You can use the TF-IDF transformation from Keras directly. The Tokenizer offers a method, texts_to_matrix, that by default encodes your text and transforms it into a matrix in which the columns are your words, the rows are your texts, and the values are the word frequency within a text. If you apply the transformation by specifying mode='tfidf’, the transformation uses TF-IDF instead of word frequencies to fill the matrix values:

print(np.round(tokenizer.texts_to_matrix(texts,
mode='tfidf'), 1))

Note that by using a matrix representation, no matter whether you use binary, frequency, or the more sophisticated TF-IDF, you have lost any sense of word ordering that exists in the phrase. During processing, the words scatter in different columns, and the neural network can’t guess the word order in a phrase. This lack of order is why you call it a bag-of-words approach.

The bag-of-words approach is used in many machine learning algorithms, often with results ranging from good to fair, and you can apply it to a neural network using dense architecture layers.
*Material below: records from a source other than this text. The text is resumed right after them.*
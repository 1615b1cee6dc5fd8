//! How far a variable can go.

ghost use Rattle.std.specs.Prelude.{◌≡◌, ◌≢◌, ◌↔◌, ◌<◌, ◌+◌, ℕ, true, false, is_some, Option, Some, None, if◌then◌else◌, IsTrue, IfOk, IsOk, MatchOption};
ghost use Rattle.fractions.specs.Number.{Number, zero_ℚ, ◌*ℚ◌};
ghost use Rattle.simplex_steps.specs.Best.{IsBest, IsNearest};
ghost use Rattle.fractions.specs.Compare.{lt_ℚ};
ghost use Rattle.fractions.specs.Ends.{less as less_of, over as over_of};
ghost use Rattle.fractions.specs.EndWords.{LessFits, OverFits};
ghost use Rattle.simplex_tableau.specs.Programs.{minimized};
ghost use Rattle.tableau_laws.specs.Variables.{variables};
ghost use Rattle.simplex_laws.specs.Choices.{end_ahead as ahead_of, limit, own_width as width_of, NoLimit, Stops};
ghost use Rattle.simplex_laws.specs.LimitRoom.{WidthFits, LimitFitsAt, LimitsFit};
ghost use Rattle.simplex_tableau.specs.Data.{shown};
ghost use Rattle.simplex_steps.specs.Signs.{sign_of};

use crate::choices::signed;
use crate::ends::{lower_end, upper_end};
use fractions::Past;
use fractions::ends::{less, over};
use fractions::ext::Ext;
use fractions::frac::Frac;
use lp_model::Program;
use simplex_tableau::Tableau;

/// The end to which a value goes that moves by a multiple of a step.
fn end_toward(lower: &Ext, upper: &Ext, multiple: &Frac) -> Ext
    ensures { result ≡ (if lt_ℚ zero_ℚ multiple.now then upper.now else if lt_ℚ multiple.now zero_ℚ then lower.now else None) }
{
    if multiple.is_positive() {
        *upper
    } else if multiple.is_negative() {
        *lower
    } else {
        Ext::none()
    }
}

/// By which multiple a variable moves where `e` goes up or down.
pub fn multiple_of(tableau: &Tableau, e: usize, up: bool, m: usize) -> Frac
    ensures { result ≡ (shown tableau.now).table m e *ℚ sign_of up }
{
    signed(&tableau.entry(m, e), up)
}

/// The end to which a variable goes where `e` goes up or down.
pub fn end_ahead(program: &Program, tableau: &Tableau, e: usize, up: bool, m: usize) -> Ext
    requires { m < variables (minimized program.now) }
    ensures { result ≡ ahead_of (minimized program.now) (shown tableau.now) e (sign_of up) m }
{
    end_toward(
        &lower_end(program, m),
        &upper_end(program, m),
        &multiple_of(tableau, e, up, m),
    )
}

/// How far the end of a range is from a value by steps of a multiple.
fn steps_to(end: &Ext, value: &Frac, multiple: &Frac) -> Result<Ext, Past>
    requires { multiple.now ≢ zero_ℚ }
    ensures value { IfOk result (λ r. r ≡ over_of (less_of end.now value.now) multiple.now) }
    ensures fits { IsOk result ↔ (LessFits end.now value.now × OverFits (less_of end.now value.now) multiple.now) }
{
    over(&less(end, value)?, multiple)
}

/// The width of a variable's own range, if both ends are finite.
pub fn own_width(lower: &Ext, upper: &Ext) -> Result<Ext, Past>
    ensures value { IfOk result (λ r. r ≡ width_of lower.now upper.now) }
    ensures fits { IsOk result ↔ WidthFits lower.now upper.now }
{
    match lower.number() {
        Some(from) => less(upper, &from),
        None => Ok(Ext::none()),
    }
}

/// How far `e` can go until another variable is at an end.
pub fn limit_of(
    program: &Program,
    tableau: &Tableau,
    e: usize,
    up: bool,
    m: usize,
) -> Result<Ext, Past>
    requires within { m < variables (minimized program.now) }
    requires apart { m ≢ e }
    ensures value { IfOk result (λ r. r ≡ limit (minimized program.now) (shown tableau.now) e (sign_of up) m) }
    ensures fits { IsOk result ↔ (LessFits (ahead_of (minimized program.now) (shown tableau.now) e (sign_of up) m) ((shown tableau.now).values m) × OverFits (less_of (ahead_of (minimized program.now) (shown tableau.now) e (sign_of up) m) ((shown tableau.now).values m)) ((shown tableau.now).table m e *ℚ sign_of up)) }
{
    let multiple = multiple_of(tableau, e, up, m);
    if multiple.is_zero() {
        return Ok(Ext::none());
    }
    steps_to(
        &end_ahead(program, tableau, e, up, m),
        &tableau.value(m),
        &multiple,
    )
}

/// How far `e` can go until a variable is at an end, or `e` at its own.
fn limit_at(program: &Program, tableau: &Tableau, e: usize, up: bool, m: usize) -> Result<Ext, Past>
    requires within { m < variables (minimized program.now) }
    ensures value { IfOk result (λ r. r ≡ limit (minimized program.now) (shown tableau.now) e (sign_of up) m) }
    ensures fits { IsOk result ↔ LimitFitsAt (minimized program.now) (shown tableau.now) e (sign_of up) m }
{
    if m == e {
        own_width(&lower_end(program, m), &upper_end(program, m))
    } else {
        limit_of(program, tableau, e, up, m)
    }
}

/// Where `e` stops, and how far that is.
#[derive(Clone, Copy)]
pub struct Stop {
    pub variable: usize,
    pub far: Frac,
}

/// The nearer one of a stop and a later one; at equal ones the first.
fn nearer_of(stop: Stop, m: usize, far: Frac) -> Stop
    ensures { (limits : ℕ → Option Number) → Some far ≡ limits m → IsNearest limits m stop → IsNearest limits (m + 1) result }
{
    if stop.far.le(&far) {
        stop
    } else {
        Stop { variable: m, far }
    }
}

/// The nearer one of a stop and a limit; at equal ones the stop.
fn nearer(best: Option<Stop>, m: usize, limit: &Ext) -> Option<Stop>
    ensures { (limits : ℕ → Option Number) → limit.now ≡ limits m → IsBest limits m best → IsBest limits (m + 1) result }
{
    let Some(far) = limit.number() else {
        return best;
    };
    let Some(stop) = best else {
        return Some(Stop { variable: m, far });
    };
    Some(nearer_of(stop, m, far))
}

/// Where `e` stops first, if something limits it.
pub fn find_stop(
    program: &Program,
    tableau: &Tableau,
    e: usize,
    up: bool,
) -> Result<Option<Stop>, Past>
    requires { (shown tableau.now).size ≡ variables (minimized program.now) }
    ensures value { IfOk result (λ o. MatchOption o (NoLimit (minimized program.now) (shown tableau.now) e (sign_of up)) (λ s. Stops (minimized program.now) (shown tableau.now) e (sign_of up) s.variable s.far)) }
    ensures fits { IsOk result ↔ LimitsFit (minimized program.now) (shown tableau.now) e (sign_of up) }
{
    let mut best = None;
    for m in 0..tableau.size() {
        let limit = limit_at(program, tableau, e, up, m)?;
        best = nearer(best, m, &limit);
    }
    Ok(best)
}

/// Whether both ends of a range are finite.
fn has_width(lower: &Ext, upper: &Ext) -> bool
    ensures { result ≡ is_some (width_of lower.now upper.now) }
{
    lower.number().is_some() && upper.number().is_some()
}

/// Whether a variable limits `e`. It computes no number.
fn limits_at(program: &Program, tableau: &Tableau, e: usize, up: bool, m: usize) -> bool
    requires { m < variables (minimized program.now) }
    ensures { result ≡ is_some (limit (minimized program.now) (shown tableau.now) e (sign_of up) m) }
{
    if m == e {
        has_width(&lower_end(program, m), &upper_end(program, m))
    } else {
        end_ahead(program, tableau, e, up, m).number().is_some()
    }
}

/// Whether something limits `e`. It computes no number.
pub fn is_limited(program: &Program, tableau: &Tableau, e: usize, up: bool) -> bool
    requires { (shown tableau.now).size ≡ variables (minimized program.now) }
    ensures free { result ≡ false → NoLimit (minimized program.now) (shown tableau.now) e (sign_of up) }
    ensures limited { result ≡ true → ¬ (NoLimit (minimized program.now) (shown tableau.now) e (sign_of up)) }
{
    for m in 0..tableau.size() {
        if limits_at(program, tableau, e, up, m) {
            return true;
        }
    }
    false
}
Transformations of words encoded into n_grams (discussed in the previous paragraph as an NLP processing transformation) provide some more information, but again, you can’t relate the words.

RNNs keep track of sequences, so they still use one-hot encoding, but they don’t encode the entire phrase, rather, they individually encode each token (which could be a word, a character, or even a bunch of characters). For this reason, they expect a sequence of indexes representing the phrase:

print(tokenizer.texts_to_sequences(texts))

As each phrase passes to a neural network input as a sequence of index numbers, the number is turned into a one-hot encoded vector. The one-hot encoded vectors are then fed into the RNN’s layers one at a time, making them easy to learn. For instance, here’s the transformation of the first phrase in the matrix:

[[0. 0. 1. 0. 0. 0. 0. 0. 0. 0. 0. 0. 0. 0. 0.]
[0. 0. 0. 1. 0. 0. 0. 0. 0. 0. 0. 0. 0. 0. 0.]
[0. 0. 0. 0. 1. 0. 0. 0. 0. 0. 0. 0. 0. 0. 0.]
[0. 0. 0. 0. 0. 1. 0. 0. 0. 0. 0. 0. 0. 0. 0.]
[0. 0. 0. 0. 0. 0. 1. 0. 0. 0. 0. 0. 0. 0. 0.]
[0. 0. 0. 0. 0. 0. 0. 1. 0. 0. 0. 0. 0. 0. 0.]]

In this representation, you get a distinct matrix for each piece of text. Each matrix represents the individual texts as distinct words using columns, but now the rows represent the word appearance order. (The first row is the first word, the second row is the second word, and so on.)

Using this basic approach, data scientists are able to use deep learning for Natural Language Processing.